----- DATA EXCERPTS

// What a batch answers.
use aria_base::{Items, Key};
use proc_lang::End;

/// Why a request waits, by the numbers of the requests that it waits for.
#[derive(Debug, Drop, PartialEq, Eq)]
pub enum Wait {
    /// The least earlier request that writes a key that this one writes.
    Waw(u64),
    /// The least earlier request that writes a key that this one reads.
    Raw(u64),
    /// The least earlier request that writes a key that this one reads, and the least one that reads
    /// a key that this one writes.
    Both(u64, u64),
    /// It was run again, and stopped before an access outside the keys of its first run.
    Moved(Key),
}

/// What becomes of a request in a batch.
#[derive(Debug, Drop, PartialEq, Eq)]
pub enum Reply {
    /// It has its final end.
    Ended(End),
    /// It is carried over to the next batch.
    Waits(Wait),
}

/// A request's line in an answer.
#[derive(Debug, Drop, PartialEq, Eq)]
pub struct Line {
    /// The request's number.
    pub q: u64,
    /// What becomes of it.
    pub reply: Reply,
}

/// The lines of an answer, in the order of the batch's list.
pub type Replies = Items<Line>;

/// Request numbers in the order in which the requests count as run.
pub type Order = Items<u64>;

/// The answer of a batch: its number, a line a request, and the serial order that gives the same
/// ends and the same rows.
#[derive(Debug, Drop, PartialEq, Eq)]
pub struct Answer {
    /// The batch's number, from 1.
    pub number: u64,
    /// A line for each request of its list.
    pub lines: Replies,
    /// The requests that finished, as they count as run.
    pub order: Order,
}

----------

WHAT YOU SHOULD DO: Copy the listing in full. Match it word for word.

SOLUTION FOR THIS EXERCISE:
// What a batch answers.
use aria_base::{Items, Key};
use proc_lang::End;

/// Why a request waits, by the numbers of the requests that it waits for.
#[derive(Debug, Drop, PartialEq, Eq)]
pub enum Wait {
    /// The least earlier request that writes a key that this one writes.
    Waw(u64),
    /// The least earlier request that writes a key that this one reads.
    Raw(u64),
    /// The least earlier request that writes a key that this one reads, and the least one that reads
    /// a key that this one writes.
    Both(u64, u64),
    /// It was run again, and stopped before an access outside the keys of its first run.
    Moved(Key),
}

/// What becomes of a request in a batch.
#[derive(Debug, Drop, PartialEq, Eq)]
pub enum Reply {
    /// It has its final end.
    Ended(End),
    /// It is carried over to the next batch.
    Waits(Wait),
}

/// A request's line in an answer.
#[derive(Debug, Drop, PartialEq, Eq)]
pub struct Line {
    /// The request's number.
    pub q: u64,
    /// What becomes of it.
    pub reply: Reply,
}

/// The lines of an answer, in the order of the batch's list.
pub type Replies = Items<Line>;

/// Request numbers in the order in which the requests count as run.
pub type Order = Items<u64>;

/// The answer of a batch: its number, a line a request, and the serial order that gives the same
/// ends and the same rows.
#[derive(Debug, Drop, PartialEq, Eq)]
pub struct Answer {
    /// The batch's number, from 1.
    pub number: u64,
    /// A line for each request of its list.
    pub lines: Replies,
    /// The requests that finished, as they count as run.
    pub order: Order,
}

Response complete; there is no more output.